Entries supplied
- Opening Delimiter -
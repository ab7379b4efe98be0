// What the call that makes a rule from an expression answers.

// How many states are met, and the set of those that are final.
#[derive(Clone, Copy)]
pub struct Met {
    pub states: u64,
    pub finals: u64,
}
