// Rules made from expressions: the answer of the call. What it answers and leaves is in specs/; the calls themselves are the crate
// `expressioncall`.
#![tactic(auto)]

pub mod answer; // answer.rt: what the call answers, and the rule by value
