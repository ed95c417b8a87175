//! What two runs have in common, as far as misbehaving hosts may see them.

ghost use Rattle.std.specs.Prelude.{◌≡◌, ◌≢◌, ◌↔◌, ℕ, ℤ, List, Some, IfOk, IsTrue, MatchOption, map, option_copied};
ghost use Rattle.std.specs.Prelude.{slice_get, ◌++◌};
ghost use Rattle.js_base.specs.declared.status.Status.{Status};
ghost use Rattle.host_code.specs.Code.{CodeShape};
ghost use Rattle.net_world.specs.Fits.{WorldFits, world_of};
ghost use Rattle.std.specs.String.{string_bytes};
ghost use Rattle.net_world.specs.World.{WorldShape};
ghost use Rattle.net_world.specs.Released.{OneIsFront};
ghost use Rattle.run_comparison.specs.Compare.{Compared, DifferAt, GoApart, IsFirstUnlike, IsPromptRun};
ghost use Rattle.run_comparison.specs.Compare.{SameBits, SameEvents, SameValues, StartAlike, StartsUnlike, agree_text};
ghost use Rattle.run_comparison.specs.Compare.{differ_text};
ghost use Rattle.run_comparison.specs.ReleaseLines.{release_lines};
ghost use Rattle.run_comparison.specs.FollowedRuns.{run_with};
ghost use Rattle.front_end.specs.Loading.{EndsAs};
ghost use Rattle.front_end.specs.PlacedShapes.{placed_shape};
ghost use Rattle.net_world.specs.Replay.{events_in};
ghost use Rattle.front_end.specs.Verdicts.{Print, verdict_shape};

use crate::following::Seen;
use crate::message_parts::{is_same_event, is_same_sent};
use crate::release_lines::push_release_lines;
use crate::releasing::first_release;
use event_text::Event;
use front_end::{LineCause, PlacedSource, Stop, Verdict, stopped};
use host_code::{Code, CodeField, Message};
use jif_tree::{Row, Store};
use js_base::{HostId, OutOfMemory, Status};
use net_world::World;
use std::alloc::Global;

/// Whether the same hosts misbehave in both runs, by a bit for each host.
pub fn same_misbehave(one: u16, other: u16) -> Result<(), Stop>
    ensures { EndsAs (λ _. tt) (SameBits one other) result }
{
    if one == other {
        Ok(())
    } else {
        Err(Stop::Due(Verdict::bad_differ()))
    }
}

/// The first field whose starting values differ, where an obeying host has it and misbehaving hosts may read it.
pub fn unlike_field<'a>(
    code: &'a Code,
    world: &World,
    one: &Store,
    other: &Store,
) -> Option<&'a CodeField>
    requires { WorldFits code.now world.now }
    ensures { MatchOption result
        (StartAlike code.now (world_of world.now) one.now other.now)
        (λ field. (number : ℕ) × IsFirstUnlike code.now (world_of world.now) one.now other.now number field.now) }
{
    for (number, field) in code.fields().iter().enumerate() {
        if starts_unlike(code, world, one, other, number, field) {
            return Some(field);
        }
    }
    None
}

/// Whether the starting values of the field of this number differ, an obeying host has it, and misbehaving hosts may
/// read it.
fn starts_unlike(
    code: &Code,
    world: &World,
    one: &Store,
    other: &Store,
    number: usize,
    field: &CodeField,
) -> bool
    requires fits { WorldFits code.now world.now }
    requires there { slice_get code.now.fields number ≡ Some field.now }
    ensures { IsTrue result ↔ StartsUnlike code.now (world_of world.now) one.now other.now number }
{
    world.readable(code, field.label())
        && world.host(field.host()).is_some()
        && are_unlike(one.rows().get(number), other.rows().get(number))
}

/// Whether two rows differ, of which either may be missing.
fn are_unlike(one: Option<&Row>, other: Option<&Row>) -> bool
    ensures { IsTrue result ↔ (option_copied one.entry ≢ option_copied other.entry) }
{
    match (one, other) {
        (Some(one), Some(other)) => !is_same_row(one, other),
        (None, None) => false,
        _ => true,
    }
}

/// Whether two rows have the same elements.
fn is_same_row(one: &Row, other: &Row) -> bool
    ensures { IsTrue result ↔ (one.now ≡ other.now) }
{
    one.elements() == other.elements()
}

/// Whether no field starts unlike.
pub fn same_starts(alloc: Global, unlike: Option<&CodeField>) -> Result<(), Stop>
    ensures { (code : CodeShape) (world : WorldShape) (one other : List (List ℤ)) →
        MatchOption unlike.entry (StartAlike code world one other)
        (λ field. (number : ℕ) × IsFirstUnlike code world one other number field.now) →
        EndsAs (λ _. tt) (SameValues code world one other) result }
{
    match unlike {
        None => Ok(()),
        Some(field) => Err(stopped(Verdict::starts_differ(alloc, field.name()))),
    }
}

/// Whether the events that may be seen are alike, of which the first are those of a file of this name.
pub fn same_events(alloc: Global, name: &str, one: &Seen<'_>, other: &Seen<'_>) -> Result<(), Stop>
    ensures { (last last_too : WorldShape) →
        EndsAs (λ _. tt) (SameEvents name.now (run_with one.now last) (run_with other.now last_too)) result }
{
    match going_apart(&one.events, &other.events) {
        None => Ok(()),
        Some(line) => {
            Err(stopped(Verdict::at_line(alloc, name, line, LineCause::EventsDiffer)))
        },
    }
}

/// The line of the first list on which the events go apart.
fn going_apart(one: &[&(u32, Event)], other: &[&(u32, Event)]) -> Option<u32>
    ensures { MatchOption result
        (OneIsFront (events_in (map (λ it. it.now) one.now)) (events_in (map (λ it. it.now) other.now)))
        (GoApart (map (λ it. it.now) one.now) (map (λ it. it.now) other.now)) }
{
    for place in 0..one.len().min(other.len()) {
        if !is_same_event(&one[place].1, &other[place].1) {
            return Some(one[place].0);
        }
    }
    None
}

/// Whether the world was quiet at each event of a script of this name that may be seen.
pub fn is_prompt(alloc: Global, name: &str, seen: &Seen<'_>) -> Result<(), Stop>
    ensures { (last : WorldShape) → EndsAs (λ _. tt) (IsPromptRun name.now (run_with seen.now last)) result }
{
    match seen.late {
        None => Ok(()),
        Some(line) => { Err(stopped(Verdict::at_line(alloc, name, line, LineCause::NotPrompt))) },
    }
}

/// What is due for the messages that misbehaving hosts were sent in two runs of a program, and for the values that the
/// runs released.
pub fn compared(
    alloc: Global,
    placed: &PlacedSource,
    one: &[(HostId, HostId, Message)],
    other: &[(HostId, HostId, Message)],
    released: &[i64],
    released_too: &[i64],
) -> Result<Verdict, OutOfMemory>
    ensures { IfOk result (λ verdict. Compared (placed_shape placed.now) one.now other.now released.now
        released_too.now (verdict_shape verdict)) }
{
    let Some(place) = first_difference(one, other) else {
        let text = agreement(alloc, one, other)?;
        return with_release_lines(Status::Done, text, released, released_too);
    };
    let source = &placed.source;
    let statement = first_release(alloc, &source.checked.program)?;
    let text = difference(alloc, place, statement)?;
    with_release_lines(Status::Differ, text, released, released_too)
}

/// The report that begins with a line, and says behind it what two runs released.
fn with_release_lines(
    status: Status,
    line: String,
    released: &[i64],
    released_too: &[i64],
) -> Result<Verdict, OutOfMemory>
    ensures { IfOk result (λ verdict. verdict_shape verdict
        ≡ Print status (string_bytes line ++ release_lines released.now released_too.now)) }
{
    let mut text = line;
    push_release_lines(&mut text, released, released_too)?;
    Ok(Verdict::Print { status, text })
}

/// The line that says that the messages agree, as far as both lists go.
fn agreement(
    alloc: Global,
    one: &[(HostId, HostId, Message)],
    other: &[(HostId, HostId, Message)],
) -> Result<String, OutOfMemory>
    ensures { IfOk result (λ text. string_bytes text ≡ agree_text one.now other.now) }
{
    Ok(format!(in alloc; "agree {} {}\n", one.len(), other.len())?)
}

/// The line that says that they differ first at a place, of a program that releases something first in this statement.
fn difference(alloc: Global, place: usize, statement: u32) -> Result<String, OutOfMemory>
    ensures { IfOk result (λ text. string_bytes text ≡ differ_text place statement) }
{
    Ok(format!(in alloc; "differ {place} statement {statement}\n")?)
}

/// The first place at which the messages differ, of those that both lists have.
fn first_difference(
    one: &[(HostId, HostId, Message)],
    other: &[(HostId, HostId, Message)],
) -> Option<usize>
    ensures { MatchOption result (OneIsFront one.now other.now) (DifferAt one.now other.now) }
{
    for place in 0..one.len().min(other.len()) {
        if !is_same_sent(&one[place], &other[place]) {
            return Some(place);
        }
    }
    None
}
- Closing Delimiter -
Problem to work on
Copy each line of the entries in which the string "Whether" is found.

Exercise solution
/// Whether the same hosts misbehave in both runs, by a bit for each host.
/// Whether the starting values of the field of this number differ, an obeying host has it, and misbehaving hosts may
/// Whether two rows differ, of which either may be missing.
/// Whether two rows have the same elements.
/// Whether no field starts unlike.
/// Whether the events that may be seen are alike, of which the first are those of a file of this name.
/// Whether the world was quiet at each event of a script of this name that may be seen.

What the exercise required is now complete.